Saved data entries
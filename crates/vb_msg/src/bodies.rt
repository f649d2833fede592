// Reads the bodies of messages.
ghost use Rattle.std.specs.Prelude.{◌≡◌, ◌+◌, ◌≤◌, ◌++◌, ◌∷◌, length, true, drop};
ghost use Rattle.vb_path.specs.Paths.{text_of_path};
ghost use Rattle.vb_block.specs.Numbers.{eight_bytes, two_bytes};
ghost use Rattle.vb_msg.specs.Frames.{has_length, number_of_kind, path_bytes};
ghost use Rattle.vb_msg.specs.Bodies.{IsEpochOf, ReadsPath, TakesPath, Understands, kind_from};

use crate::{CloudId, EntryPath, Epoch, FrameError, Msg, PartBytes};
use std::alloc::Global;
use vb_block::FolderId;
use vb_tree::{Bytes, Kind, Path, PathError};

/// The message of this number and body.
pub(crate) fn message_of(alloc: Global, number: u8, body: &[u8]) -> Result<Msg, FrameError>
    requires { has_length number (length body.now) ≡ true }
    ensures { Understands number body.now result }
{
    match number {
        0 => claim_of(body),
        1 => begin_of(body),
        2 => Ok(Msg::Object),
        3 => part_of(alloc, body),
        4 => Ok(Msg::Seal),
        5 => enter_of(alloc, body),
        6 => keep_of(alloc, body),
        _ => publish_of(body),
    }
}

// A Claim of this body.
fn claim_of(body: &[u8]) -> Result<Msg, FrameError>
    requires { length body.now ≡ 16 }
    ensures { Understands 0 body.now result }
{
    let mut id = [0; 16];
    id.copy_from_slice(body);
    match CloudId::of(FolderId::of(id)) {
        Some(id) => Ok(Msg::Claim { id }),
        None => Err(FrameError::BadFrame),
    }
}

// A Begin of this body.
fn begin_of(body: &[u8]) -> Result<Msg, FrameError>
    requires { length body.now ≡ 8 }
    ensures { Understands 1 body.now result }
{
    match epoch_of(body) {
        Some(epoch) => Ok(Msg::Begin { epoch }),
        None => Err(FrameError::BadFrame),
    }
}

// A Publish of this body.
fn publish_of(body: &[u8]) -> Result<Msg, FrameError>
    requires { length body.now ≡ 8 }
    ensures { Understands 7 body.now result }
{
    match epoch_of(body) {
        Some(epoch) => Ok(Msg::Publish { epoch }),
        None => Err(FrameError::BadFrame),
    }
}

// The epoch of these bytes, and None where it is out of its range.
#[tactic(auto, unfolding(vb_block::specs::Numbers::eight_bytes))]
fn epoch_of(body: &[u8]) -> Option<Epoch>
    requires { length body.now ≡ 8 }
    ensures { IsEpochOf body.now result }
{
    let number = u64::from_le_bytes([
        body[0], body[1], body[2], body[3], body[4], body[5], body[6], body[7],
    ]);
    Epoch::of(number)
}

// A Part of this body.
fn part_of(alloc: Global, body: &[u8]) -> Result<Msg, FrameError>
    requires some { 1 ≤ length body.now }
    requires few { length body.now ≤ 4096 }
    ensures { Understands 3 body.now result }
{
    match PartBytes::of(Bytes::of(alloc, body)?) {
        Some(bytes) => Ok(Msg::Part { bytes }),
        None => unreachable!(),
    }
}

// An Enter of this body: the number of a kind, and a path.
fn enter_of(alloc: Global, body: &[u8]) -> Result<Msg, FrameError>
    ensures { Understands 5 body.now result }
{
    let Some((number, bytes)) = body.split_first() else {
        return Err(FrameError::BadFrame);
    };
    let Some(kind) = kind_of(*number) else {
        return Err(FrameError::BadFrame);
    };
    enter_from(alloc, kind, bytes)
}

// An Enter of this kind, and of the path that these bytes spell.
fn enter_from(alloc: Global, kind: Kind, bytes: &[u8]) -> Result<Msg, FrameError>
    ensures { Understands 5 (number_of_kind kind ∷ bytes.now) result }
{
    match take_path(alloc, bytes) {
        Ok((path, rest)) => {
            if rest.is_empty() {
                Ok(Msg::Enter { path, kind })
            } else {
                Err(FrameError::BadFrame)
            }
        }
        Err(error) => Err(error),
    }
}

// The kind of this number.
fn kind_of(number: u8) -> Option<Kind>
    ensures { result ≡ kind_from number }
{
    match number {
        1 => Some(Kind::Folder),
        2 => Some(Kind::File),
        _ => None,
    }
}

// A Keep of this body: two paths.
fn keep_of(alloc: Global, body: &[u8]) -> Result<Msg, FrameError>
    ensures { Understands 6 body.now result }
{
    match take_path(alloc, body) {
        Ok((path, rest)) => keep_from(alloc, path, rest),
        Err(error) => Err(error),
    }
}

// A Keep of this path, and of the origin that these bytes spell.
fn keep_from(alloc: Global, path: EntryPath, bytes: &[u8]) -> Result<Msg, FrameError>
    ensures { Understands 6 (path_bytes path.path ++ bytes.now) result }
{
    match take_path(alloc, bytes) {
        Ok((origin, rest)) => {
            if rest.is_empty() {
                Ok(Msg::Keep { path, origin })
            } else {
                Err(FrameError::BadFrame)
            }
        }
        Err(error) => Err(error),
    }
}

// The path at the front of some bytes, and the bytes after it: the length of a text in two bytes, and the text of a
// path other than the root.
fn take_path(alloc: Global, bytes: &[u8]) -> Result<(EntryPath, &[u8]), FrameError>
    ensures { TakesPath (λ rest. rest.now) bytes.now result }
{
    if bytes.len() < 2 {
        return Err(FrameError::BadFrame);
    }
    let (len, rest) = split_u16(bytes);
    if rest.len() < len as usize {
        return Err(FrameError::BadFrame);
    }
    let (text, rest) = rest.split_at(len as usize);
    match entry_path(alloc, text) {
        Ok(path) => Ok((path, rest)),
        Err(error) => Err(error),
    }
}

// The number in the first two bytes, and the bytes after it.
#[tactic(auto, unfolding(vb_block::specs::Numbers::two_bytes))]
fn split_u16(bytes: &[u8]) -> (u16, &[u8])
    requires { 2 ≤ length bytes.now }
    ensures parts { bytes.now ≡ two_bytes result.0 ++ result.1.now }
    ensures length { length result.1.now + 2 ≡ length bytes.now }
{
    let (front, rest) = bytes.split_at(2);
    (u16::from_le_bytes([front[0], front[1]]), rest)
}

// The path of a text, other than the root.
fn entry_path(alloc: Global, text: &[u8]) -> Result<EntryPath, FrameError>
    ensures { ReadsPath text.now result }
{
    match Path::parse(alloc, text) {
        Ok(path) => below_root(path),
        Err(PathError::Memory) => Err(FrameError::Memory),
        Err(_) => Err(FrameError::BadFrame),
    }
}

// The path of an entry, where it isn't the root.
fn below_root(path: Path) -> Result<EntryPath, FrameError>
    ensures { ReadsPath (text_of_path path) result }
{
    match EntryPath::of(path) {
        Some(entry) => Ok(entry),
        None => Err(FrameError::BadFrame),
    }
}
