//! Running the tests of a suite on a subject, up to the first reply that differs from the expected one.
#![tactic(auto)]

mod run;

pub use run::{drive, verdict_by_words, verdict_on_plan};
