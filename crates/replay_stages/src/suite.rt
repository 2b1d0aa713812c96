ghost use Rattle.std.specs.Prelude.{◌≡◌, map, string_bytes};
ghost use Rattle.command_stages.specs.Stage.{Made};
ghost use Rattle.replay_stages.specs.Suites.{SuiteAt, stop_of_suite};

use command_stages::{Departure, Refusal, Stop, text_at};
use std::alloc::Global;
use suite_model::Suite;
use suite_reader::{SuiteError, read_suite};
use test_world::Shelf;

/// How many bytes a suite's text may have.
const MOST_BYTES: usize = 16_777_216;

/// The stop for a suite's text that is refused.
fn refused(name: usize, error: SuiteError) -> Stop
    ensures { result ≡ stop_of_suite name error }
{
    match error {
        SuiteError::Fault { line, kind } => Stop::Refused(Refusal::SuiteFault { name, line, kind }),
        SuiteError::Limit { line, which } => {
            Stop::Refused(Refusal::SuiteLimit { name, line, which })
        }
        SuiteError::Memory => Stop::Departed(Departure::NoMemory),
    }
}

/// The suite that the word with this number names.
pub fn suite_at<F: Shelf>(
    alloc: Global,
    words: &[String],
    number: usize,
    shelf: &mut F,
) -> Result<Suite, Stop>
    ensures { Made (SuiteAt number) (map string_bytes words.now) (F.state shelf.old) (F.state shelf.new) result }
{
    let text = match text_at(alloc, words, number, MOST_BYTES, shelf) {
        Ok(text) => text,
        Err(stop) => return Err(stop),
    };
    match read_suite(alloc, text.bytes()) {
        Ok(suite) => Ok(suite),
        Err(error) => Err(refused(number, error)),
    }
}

---

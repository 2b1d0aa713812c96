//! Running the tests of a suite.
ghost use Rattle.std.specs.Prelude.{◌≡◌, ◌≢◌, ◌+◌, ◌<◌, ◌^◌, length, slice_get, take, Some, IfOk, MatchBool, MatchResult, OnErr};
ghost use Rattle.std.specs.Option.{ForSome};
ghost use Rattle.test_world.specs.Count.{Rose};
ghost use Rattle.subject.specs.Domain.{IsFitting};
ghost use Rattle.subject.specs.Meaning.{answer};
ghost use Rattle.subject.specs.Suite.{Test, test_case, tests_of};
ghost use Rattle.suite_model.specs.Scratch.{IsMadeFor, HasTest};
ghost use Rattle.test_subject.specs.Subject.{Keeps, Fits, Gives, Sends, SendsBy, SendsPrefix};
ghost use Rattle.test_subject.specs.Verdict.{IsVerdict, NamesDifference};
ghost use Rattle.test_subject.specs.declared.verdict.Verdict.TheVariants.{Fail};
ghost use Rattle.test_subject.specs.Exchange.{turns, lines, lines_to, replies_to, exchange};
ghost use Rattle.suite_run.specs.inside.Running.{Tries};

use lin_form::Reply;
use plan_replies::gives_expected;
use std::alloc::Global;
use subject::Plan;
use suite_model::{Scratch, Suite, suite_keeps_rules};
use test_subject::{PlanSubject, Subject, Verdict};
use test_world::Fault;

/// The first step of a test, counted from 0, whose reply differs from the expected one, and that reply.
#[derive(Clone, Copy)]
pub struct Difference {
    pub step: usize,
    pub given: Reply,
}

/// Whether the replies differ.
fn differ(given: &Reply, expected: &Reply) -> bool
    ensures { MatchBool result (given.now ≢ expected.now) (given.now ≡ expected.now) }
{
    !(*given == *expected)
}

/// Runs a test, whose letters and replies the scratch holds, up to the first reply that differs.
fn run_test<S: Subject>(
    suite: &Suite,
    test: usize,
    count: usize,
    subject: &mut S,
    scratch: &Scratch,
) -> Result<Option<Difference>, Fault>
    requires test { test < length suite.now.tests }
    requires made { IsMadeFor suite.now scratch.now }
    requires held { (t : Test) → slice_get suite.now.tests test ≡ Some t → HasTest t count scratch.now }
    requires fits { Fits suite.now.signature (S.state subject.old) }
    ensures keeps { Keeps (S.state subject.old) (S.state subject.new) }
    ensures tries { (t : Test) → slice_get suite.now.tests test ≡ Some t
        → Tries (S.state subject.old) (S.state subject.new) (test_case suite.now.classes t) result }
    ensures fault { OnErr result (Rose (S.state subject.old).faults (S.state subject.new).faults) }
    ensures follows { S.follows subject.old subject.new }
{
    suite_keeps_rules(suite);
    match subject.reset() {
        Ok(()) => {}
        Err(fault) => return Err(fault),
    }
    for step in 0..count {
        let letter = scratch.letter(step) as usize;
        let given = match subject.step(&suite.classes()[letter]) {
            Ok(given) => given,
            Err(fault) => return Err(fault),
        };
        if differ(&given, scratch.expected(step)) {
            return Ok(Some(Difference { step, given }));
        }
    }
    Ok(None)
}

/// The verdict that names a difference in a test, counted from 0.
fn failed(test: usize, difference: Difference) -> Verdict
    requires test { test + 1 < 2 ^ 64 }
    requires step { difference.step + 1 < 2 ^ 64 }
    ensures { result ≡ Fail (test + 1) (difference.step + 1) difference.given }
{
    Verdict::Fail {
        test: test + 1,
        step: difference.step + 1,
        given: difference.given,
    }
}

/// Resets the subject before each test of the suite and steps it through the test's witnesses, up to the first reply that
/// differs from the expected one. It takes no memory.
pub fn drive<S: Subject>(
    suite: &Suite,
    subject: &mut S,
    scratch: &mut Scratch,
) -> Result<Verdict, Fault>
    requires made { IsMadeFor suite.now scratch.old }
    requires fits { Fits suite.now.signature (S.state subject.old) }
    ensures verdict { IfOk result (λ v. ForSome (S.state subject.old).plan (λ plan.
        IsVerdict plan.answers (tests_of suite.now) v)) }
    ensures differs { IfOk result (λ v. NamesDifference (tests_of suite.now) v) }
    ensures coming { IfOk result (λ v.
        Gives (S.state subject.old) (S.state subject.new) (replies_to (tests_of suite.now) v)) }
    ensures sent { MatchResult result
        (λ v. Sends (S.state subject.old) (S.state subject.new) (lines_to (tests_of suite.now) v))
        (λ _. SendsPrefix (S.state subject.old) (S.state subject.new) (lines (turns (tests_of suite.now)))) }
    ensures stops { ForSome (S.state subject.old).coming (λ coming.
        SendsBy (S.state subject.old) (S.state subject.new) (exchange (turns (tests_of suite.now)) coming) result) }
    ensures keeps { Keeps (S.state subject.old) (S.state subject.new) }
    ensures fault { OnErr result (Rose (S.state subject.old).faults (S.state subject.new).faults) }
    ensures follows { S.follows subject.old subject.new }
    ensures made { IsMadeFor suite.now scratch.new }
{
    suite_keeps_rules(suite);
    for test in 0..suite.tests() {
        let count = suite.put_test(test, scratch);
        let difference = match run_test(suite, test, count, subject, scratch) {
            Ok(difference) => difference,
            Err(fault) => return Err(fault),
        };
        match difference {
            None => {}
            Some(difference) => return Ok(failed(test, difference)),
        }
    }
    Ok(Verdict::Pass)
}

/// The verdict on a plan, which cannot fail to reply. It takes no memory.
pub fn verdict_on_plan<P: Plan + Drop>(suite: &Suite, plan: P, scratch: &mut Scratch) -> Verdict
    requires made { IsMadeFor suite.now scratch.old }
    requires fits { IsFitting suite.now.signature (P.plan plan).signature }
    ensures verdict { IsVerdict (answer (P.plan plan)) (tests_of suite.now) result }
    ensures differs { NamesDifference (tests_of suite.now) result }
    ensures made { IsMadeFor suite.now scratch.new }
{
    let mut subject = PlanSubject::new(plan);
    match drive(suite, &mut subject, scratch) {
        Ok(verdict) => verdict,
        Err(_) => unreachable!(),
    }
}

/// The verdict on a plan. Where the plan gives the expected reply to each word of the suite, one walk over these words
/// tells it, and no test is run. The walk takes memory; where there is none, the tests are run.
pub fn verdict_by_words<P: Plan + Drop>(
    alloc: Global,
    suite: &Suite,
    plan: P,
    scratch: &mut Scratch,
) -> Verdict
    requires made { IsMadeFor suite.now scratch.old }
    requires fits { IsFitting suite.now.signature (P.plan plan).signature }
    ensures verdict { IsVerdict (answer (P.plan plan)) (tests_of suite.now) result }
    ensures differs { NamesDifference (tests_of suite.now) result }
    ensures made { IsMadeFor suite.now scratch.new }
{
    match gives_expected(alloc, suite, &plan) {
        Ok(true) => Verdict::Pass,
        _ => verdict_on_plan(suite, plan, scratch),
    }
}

What you have to do:
Go through the data above and return each line containing the string "tactic".

Your solution:
#[tactic(auto, unfolding(vb_block::specs::Numbers::eight_bytes))]
#[tactic(auto, unfolding(vb_block::specs::Numbers::two_bytes))]
#![tactic(auto)]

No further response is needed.